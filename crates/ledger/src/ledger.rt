//! Constraints by place, the places of their literals, the literals that are taken as true, and what these leave
//! open.
//!
//! A literal is assigned first, and propagated later: what the counters and the clauses tell is so of the literals that were
//! propagated, which are the first ones. To propagate a literal changes the counter of each counted constraint that has its opposite, and so
//! does to take it back. Of clauses, those that its opposite watches are looked at, as far as to one that is falsified; when a literal
//! went, those that it watches itself are asked for by their two literals alone. A constraint that is taken out leaves its place and its entries behind: counted on, they cost little until the places are made anew, and searching the lists
//! for them would cost more. What a place says then is nothing.
//!
//! That constraints which do not wait force nothing is no fact of this type: taking literals back breaks it midway.
//! It is stated between the functions of a walk, in the crate above.

ghost use Rattle.std.specs.Prelude.{◌≡◌, ◌+◌, ◌-◌, ◌<◌, ◌≤◌, ◌++◌, ◌∷◌};
ghost use Rattle.std.specs.Prelude.{◌⊎◌, [], ℕ, List, false, true, All, Contains, IfOk, IfSome, IsSome};
ghost use Rattle.std.specs.Prelude.{Some, None, IsTrue, MatchOption, OnOk, OnErr, ◌↔◌, length, take, slice_index_or};
ghost use Rattle.std.specs.Prelude.{slice_set};
ghost use Rattle.std.specs.Option.{option_copied};
ghost use Rattle.linear.specs.declared.term.Lit.{Lit};
ghost use Rattle.linear.specs.Largest.{most_names};
ghost use Rattle.normal_form.specs.Normal.{Rises, variable_bound};
ghost use Rattle.linear.specs.Literal.{opposite};
ghost use Rattle.propagate.specs.Literals.{IsConsistent, IsOnce, lists, coefficient_of};
ghost use Rattle.propagate.specs.Slack.{IsFalsified};
ghost use Rattle.propagate.specs.Walk.{IsQuiet};
ghost use Rattle.ledger.specs.Forcing.{IsForcedOn};
ghost use Rattle.ledger.specs.Hints.{IsHint, IsHintWithin};
ghost use Rattle.ledger.specs.Entered.{AreEntriesOf, all_of};
ghost use Rattle.ledger.specs.Ledgers.{AreReasons, HasSlack, IsPropagation, IsReason, constraint_at, open_sum, shown};
ghost use Rattle.ledger.specs.Watched.{IsOpen, IsPairOf, Tell};

use super::choosing::latest_pair;
use super::counting::{enter_counted, fill_up, number_at, set_nought};
use super::entries::Entries;
use super::forcing::force_terms;
use super::hint::{Hint, hint_of};
use super::lowering::{lower, queue_below, raise};
use super::measures::{largest, open_sum};
use super::orders::Orders;
use super::pair::Pair;
use super::queue::Queue;
use super::starts::Starts;
use super::watchers::Watchers;
use linear::Lit;
use normal_form::{Normal, NormalTerm};
use occurrences::{ClauseIndex, EntryTable, leave};
use std::alloc::{AllocError, Global};
use std::marker::Model;
use trail::Assignment;

/// Constraints by place, and a trail with the place of the constraint that forced each literal.
#[derive(Drop)]
pub struct Ledger {
    slots: Vec<Option<Normal>>,
    /// The places of the terms of each constraint by decreasing coefficient, and how many are passed.
    orders: Orders,
    /// Where literals stand in constraints that are counted.
    table: EntryTable,
    /// The counters of the places up to the last one that is counted, and their limits: a ledger of clauses alone has none.
    counters: Vec<u128>,
    limits: Vec<u128>,
    /// Where literals stand in clauses that are watched, as far as was asked for.
    clauses: ClauseIndex,
    watchers: Watchers,
    /// Where the search for another literal that watches a clause goes on.
    starts: Starts,
    trail: Assignment,
    reasons: Vec<Option<usize>>,
}

impl Model for Ledger {
    ghost use Rattle.std.specs.Prelude.{◌≤◌, vec_capacity};
    ghost use Rattle.ledger.specs.Ledgers.{State, IsLedger, AreReasons, shown};
    ghost use Rattle.ledger.specs.Orders.{AreOrders};
    ghost use Rattle.trail.specs.Trails.{on_trail};
    ghost use Rattle.ledger.specs.Watched.{AreWatched};

    ghost Value = { State };

    ghost view = { λ e. record {
      slots = e.slots.items;
      assigned = on_trail e.trail;
      propagated = e.trail.0;
      reasons = e.reasons.items;
      variables = e.trail.1;
      listed = e.clauses.count;
    } };

    ghost invariant = { λ e. IsLedger e.slots.items e.trail.0 e.trail.1 e.table e.clauses e.counters.items e.limits.items e.watchers.pairs
        × AreReasons (shown e.slots.items) (on_trail e.trail) e.reasons.items × (e.trail.1 ≤ vec_capacity e.reasons)
        × AreWatched e.slots.items e.trail.0 e.trail.1 e.watchers × AreOrders e.slots.items (on_trail e.trail) e.orders };
}
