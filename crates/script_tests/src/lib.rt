//! Tests of what reads and writes scripts: their lines, numbers, names and values.
#![tactic(auto)]

#[cfg(test)]
mod tests;
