mod script_lang_calls;
mod zeus_text_calls;
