// How much there is in the parts of a layout, where all groups are on one line.
use crate::gaps::Part;
use crate::marks::{Group, LineGap, When};
use std::alloc::{AllocError, Global};

/// What there is before a part.
#[derive(Clone, Copy)]
pub(crate) struct Sum {
    /// How many columns, on all lines together.
    pub(crate) columns: usize,
    /// How many lines are always there.
    pub(crate) lines: usize,
}

/// What there is after a part.
#[derive(Clone, Copy)]
pub(crate) struct Rest {
    /// How many columns up to the next place for a line, where groups around it are broken.
    pub(crate) broken: usize,
    /// The same, where arguments that end before that are held together.
    pub(crate) held: usize,
}

/// What is measured of parts.
#[derive(Drop)]
pub(crate) struct Measured {
    /// Of each part and of the end.
    pub(crate) sums: Vec<Sum>,
    pub(crate) rests: Vec<Rest>,
    /// How many columns there are before each line that is always there.
    pub(crate) lines: Vec<usize>,
    /// Of each part that opens a group, where it closes.
    pub(crate) ends: Vec<usize>,
    /// Of each part that opens arguments or a chain, the place after which these may be broken; of the place of a chain,
    /// that of arguments after it, or where they have none, the place after their bracket; else `NOWHERE`.
    pub(crate) places: Vec<usize>,
}

/// No part has this number.
const NOWHERE: usize = usize::MAX;

/// Measures the parts.
pub(crate) fn measure(alloc: Global, text: &str, parts: &[Part]) -> Result<Measured, AllocError> {
    let mut measured = Measured {
        sums: sums_of(alloc, text, parts)?,
        rests: rests_of(alloc, text, parts)?,
        lines: lines_of(alloc, text, parts)?,
        ends: Vec::new(alloc),
        places: Vec::new(alloc),
    };
    measured.ends.resize(parts.len(), 0)?;
    measured.places.resize(parts.len(), NOWHERE)?;
    let mut open = Vec::new(alloc);
    for (number, part) in parts.iter().enumerate() {
        measure_group(&mut measured, &mut open, number, *part)?;
    }
    Ok(measured)
}

/// A group that is open where parts are measured.
#[derive(Clone, Copy)]
struct Open {
    /// The part that opens it.
    first: usize,
    /// It waits for the place after which it may be broken.
    waits: bool,
    is_chain: bool,
    /// A line that is always there is in it, and in no group in it.
    is_broken: bool,
}

/// Notes where a group closes, and its place.
fn measure_group(
    measured: &mut Measured,
    open: &mut Vec<Open>,
    number: usize,
    part: Part,
) -> Result<(), AllocError> {
    match part {
        Part::Open(group) => {
            if let Some(chain) = open.last().filter(|around| around.is_chain) {
                let place = measured.places.get(chain.first).copied();
                set_place(measured, place.unwrap_or(NOWHERE), number.saturating_add(2));
            }
            let is_chain = matches!(group, Group::Chain { .. });
            open.push(Open {
                first: number,
                waits: is_chain || group == Group::Arguments,
                is_chain,
                is_broken: false,
            })?
        }
        Part::Close => {
            if let Some(group) = open.pop() {
                close(measured, group, number);
            }
        }
        Part::Place => {
            let waiting = open.iter().rposition(|group| group.waits);
            let before = waiting.and_then(|at| at.checked_sub(1));
            let around = before.and_then(|at| open.get(at)).copied();
            if let Some(group) = waiting.and_then(|at| open.get_mut(at)) {
                group.waits = false;
                set_place(measured, group.first, number);
            }
            if let Some(chain) = around {
                let place = measured.places.get(chain.first).copied();
                set_place(measured, place.unwrap_or(NOWHERE), number);
            }
        }
        part if is_line(part) => {
            if let Some(group) = open.last_mut() {
                group.is_broken = true;
            }
        }
        _ => {}
    }
    Ok(())
}

/// Notes the place of a part, if there is such a part.
fn set_place(measured: &mut Measured, part: usize, number: usize) {
    if let Some(place) = measured.places.get_mut(part) {
        *place = number;
    }
}

/// Notes where a group closes. Where comments in it have lines of their own, it has no place.
fn close(measured: &mut Measured, group: Open, number: usize) {
    if let Some(end) = measured.ends.get_mut(group.first) {
        *end = number;
    }
    if group.is_broken {
        if let Some(place) = measured.places.get_mut(group.first) {
            *place = NOWHERE;
        }
    }
}

/// Whether a part breaks the groups around it.
fn breaks(part: Part) -> bool {
    is_line(part) || matches!(part, Part::Lines(..))
}

/// Whether a part is a line that is always there, or a comment before one.
fn is_line(part: Part) -> bool {
    match part {
        Part::SameLine | Part::Note(..) => true,
        Part::Line { line, .. } => line.when == When::Always,
        _ => false,
    }
}

fn sums_of(alloc: Global, text: &str, parts: &[Part]) -> Result<Vec<Sum>, AllocError> {
    let mut sums = Vec::new(alloc);
    let mut sum = Sum {
        columns: 0,
        lines: 0,
    };
    sums.push(sum)?;
    for part in parts {
        sum = Sum {
            columns: sum.columns.saturating_add(columns_of(text, *part)),
            lines: sum.lines.saturating_add(usize::from(breaks(*part))),
        };
        sums.push(sum)?;
    }
    Ok(sums)
}

fn lines_of(alloc: Global, text: &str, parts: &[Part]) -> Result<Vec<usize>, AllocError> {
    let mut lines = Vec::new(alloc);
    let mut columns = 0usize;
    for part in parts {
        if breaks(*part) {
            lines.push(columns)?;
        }
        columns = columns.saturating_add(columns_of(text, *part));
    }
    Ok(lines)
}

fn rests_of(alloc: Global, text: &str, parts: &[Part]) -> Result<Vec<Rest>, AllocError> {
    let mut rests = Vec::new(alloc);
    let mut rest = Rest { broken: 0, held: 0 };
    rests.push(rest)?;
    for part in parts.iter().rev() {
        rest = rest_before(rest, *part, columns_of(text, *part));
        rests.push(rest)?;
    }
    rests.reverse();
    Ok(rests)
}

/// What there is from a part of so many columns on. No comment after a semicolon that ends a statement breaks the lines
/// before it.
fn rest_before(rest: Rest, part: Part, columns: usize) -> Rest {
    let (broken, held) = match part {
        Part::Line {
            line: LineGap { is_tail: true, .. },
            ..
        } => (0, rest.held),
        Part::Line { .. } | Part::SameLine | Part::Lines(..) => (0, 0),
        Part::Semicolon => (1, 1),
        Part::Comma => (rest.broken.saturating_add(1), rest.held),
        _ => (
            rest.broken.saturating_add(columns),
            rest.held.saturating_add(columns),
        ),
    };
    Rest { broken, held }
}

/// How many columns a part takes on one line. A column is a character wide.
pub(crate) fn columns_of(text: &str, part: Part) -> usize {
    match part {
        Part::Text(lo, hi) => text.get(lo..hi).unwrap_or("").chars().count(),
        Part::Blank | Part::Semicolon => 1,
        Part::Line { line, .. } => usize::from(line.is_blank && line.when != When::Always),
        _ => 0,
    }
}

What you need to do
Pull each line that includes the word "many" out of the material above.

Expected answer
    /// The places of the terms of each constraint by decreasing coefficient, and how many are passed.
    /// How many columns, on all lines together.
    /// How many lines are always there.
    /// How many columns up to the next place for a line, where groups around it are broken.
    /// How many columns there are before each line that is always there.
/// What there is from a part of so many columns on. No comment after a semicolon that ends a statement breaks the lines
/// How many columns a part takes on one line. A column is a character wide.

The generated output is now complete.